## EXERCISE AIM
Would you restate, exactly as they appear, the lines from the one containing "Sight::of(own.tag, own.clock, seen, rules.predecessors(process))" through the end of the data below?

*** DATA SUPPLIED ***

//! What a look sees.
ghost use Rattle.std.specs.Prelude.{◌≡◌, ◌<◌, length, map};
ghost use Rattle.fm_line.specs.Line.{line, greatest, start};
ghost use Rattle.fm_core.specs.State.{Setting};
ghost use Rattle.fm_core.specs.Sweep.{sighted};

use crate::rules::Rules;
use crate::tables::Tables;
use fm_core::Sight;
use fm_line::Line;

/// What a look at a process enters in this sweep.
pub fn sight_of(rules: &Rules, tables: &Tables, seen: &[Sight], process: u32) -> Sight
    requires process { process < length tables.now.state.cells }
    requires lined { length tables.now.state.cells ≡ length rules.now.lines }
    ensures { result ≡ sighted rules.now tables.now.state seen.now process }
{
    let own = tables.cell(process);
    Sight::of(own.tag, own.clock, seen, rules.predecessors(process))
}

/// The greatest end of these processes' lines, 0 of none.
pub fn greatest_end(lines: &[Line], processes: &[u32]) -> u64
    ensures { result ≡ greatest (map (λ q. (line lines.now q).end) processes.now) }
{
    let mut most = 0;
    for process in processes {
        most = most.max(end_of(lines, *process));
    }
    most
}

// The end of a process's line, 0 where there is no such process.
fn end_of(lines: &[Line], process: u32) -> u64
    ensures { result ≡ (line lines.now process).end }
{
    match lines.get(process as usize) {
        Some(own) => own.end,
        None => 0,
    }
}

/// The tick at which the line of a process starts.
pub fn start_of(rules: &Rules, process: u32) -> u64
    requires { process < length rules.now.lines }
    ensures { result ≡ start rules.now.lines process }
{
    greatest_end(rules.lines(), rules.predecessors(process))
}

*** End of DATA SUPPLIED ***

## SOLUTION
    Sight::of(own.tag, own.clock, seen, rules.predecessors(process))
}

/// The greatest end of these processes' lines, 0 of none.
pub fn greatest_end(lines: &[Line], processes: &[u32]) -> u64
    ensures { result ≡ greatest (map (λ q. (line lines.now q).end) processes.now) }
{
    let mut most = 0;
    for process in processes {
        most = most.max(end_of(lines, *process));
    }
    most
}

// The end of a process's line, 0 where there is no such process.
fn end_of(lines: &[Line], process: u32) -> u64
    ensures { result ≡ (line lines.now process).end }
{
    match lines.get(process as usize) {
        Some(own) => own.end,
        None => 0,
    }
}

/// The tick at which the line of a process starts.
pub fn start_of(rules: &Rules, process: u32) -> u64
    requires { process < length rules.now.lines }
    ensures { result ≡ start rules.now.lines process }
{
    greatest_end(rules.lines(), rules.predecessors(process))
}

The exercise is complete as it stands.